"""
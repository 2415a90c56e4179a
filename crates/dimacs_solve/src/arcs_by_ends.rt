//! Finding the arcs of a network by their ends.

ghost use Rattle.std.specs.Prelude.{◌≡◌, ◌<◌, Some, length, slice_get, IfOk};
ghost use Rattle.dimacs_network.specs.Arcs.{IsKthBetween};
ghost use Rattle.dimacs_solve.specs.inside.Rests.{IsFirstParallel};

use dimacs_lines::Memory;
use dimacs_network::{ArcIndex, ArcView, Network};
use std::alloc::Global;
use std::marker::Model;

/// The arcs of a network, with an index that finds the first arc between two nodes.
#[derive(Drop)]
pub(crate) struct ArcsByEnds<'a, N: Network> {
    network: &'a N,
    index: ArcIndex,
}

impl<'a, N: Network> Model for ArcsByEnds<'a, N> {
    ghost use Rattle.std.specs.Prelude.{List};
    ghost use Rattle.dimacs_network.specs.declared.network.ArcView.{ArcView};
    ghost use Rattle.dimacs_network.specs.ArcOrder.{Indexes};

    ghost Value = { List ArcView };

    ghost view = { λ p. N.list p.network.now };

    ghost invariant = { λ p. Indexes (N.list p.network.now) p.index };
}

impl<'a, N: Network> ArcsByEnds<'a, N> {
    pub(crate) fn of(alloc: Global, network: &'a N) -> Result<ArcsByEnds<'a, N>, Memory>
        ensures { IfOk result (λ arcs. arcs ≡ N.list network.now) }
    {
        let mut index = ArcIndex::with_room_for(alloc, network)?;
        index.fill(network);
        Ok(ArcsByEnds { network, index })
    }

    pub(crate) fn len(&self) -> u32
        ensures { result ≡ length self.now }
    {
        self.network.arcs()
    }

    pub(crate) fn arc(&self, arc: u32) -> ArcView
        requires { arc < length self.now }
        ensures { slice_get self.now arc ≡ Some result }
    {
        self.network.arc(arc)
    }

    pub(crate) fn first(&self, tail: u32, head: u32) -> Option<u32>
        ensures { IsKthBetween self.now tail head 0 result }
    {
        self.index.find(tail, head, 0)
    }

    /// The first of the arcs parallel to this one, or itself.
    pub(crate) fn first_parallel(&self, arc: u32) -> u32
        requires { arc < length self.now }
        ensures { IsFirstParallel self.now arc result }
    {
        let view = self.arc(arc);
        let Some(first) = self.first(view.tail, view.head) else {
            unreachable!()
        };
        first
    }
}
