//! The arcs of a network, ordered by cost.

ghost use Rattle.std.specs.Prelude.{IfOk};
ghost use Rattle.dimacs_solve.specs.inside.ArcsByCost.{AreByCost, AreWithCosts};

use dimacs_lines::Memory;
use dimacs_network::Network;
use std::alloc::Global;

/// An arc with its cost. The order is by cost, then by index.
#[derive(Clone, Copy, PartialEq, Eq, PartialOrd, Ord)]
pub(crate) struct ArcOfCost {
    pub(crate) cost: i64,
    pub(crate) arc: u32,
}

pub(crate) fn arcs_by_cost<N: Network>(alloc: Global, network: &N) -> Result<Vec<ArcOfCost>, Memory>
    ensures { IfOk result (λ order. AreByCost (N.list network.now) order.items) }
{
    let mut order = arcs_with_costs(alloc, network)?;
    order.sort_unstable();
    Ok(order)
}

/// All arcs, ordered by index.
fn arcs_with_costs<N: Network>(alloc: Global, network: &N) -> Result<Vec<ArcOfCost>, Memory>
    ensures { IfOk result (λ order. AreWithCosts (N.list network.now) order.items) }
{
    let mut order = Vec::with_capacity(alloc, network.arcs() as usize)?;
    for arc in 0..network.arcs() {
        let cost = network.arc(arc).cost;
        order.push(ArcOfCost { cost, arc })?;
    }
    Ok(order)
}
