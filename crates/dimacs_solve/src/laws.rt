//! Theorems: what a limit is enough for.
//!
//! The contract of a function here states the theorem. The body is empty on purpose: there is nothing to compute.

ghost use Rattle.dimacs_solve.specs.Climbing.{EnoughLimitLaw};

/// `solve_max` never gives up with a limit above 0 and above the greatest value of a flow.
pub fn enough_limit_suffices()
    ensures { EnoughLimitLaw }
{}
"""
§ **Your goal**:
The lines in the records above that include the word "inside" must be copied out.

§ **Solution for this task**:
ghost use Rattle.dimacs_solve.specs.inside.Rests.{IsFirstParallel};
ghost use Rattle.dimacs_solve.specs.inside.ArcsByCost.{AreByCost, AreWithCosts};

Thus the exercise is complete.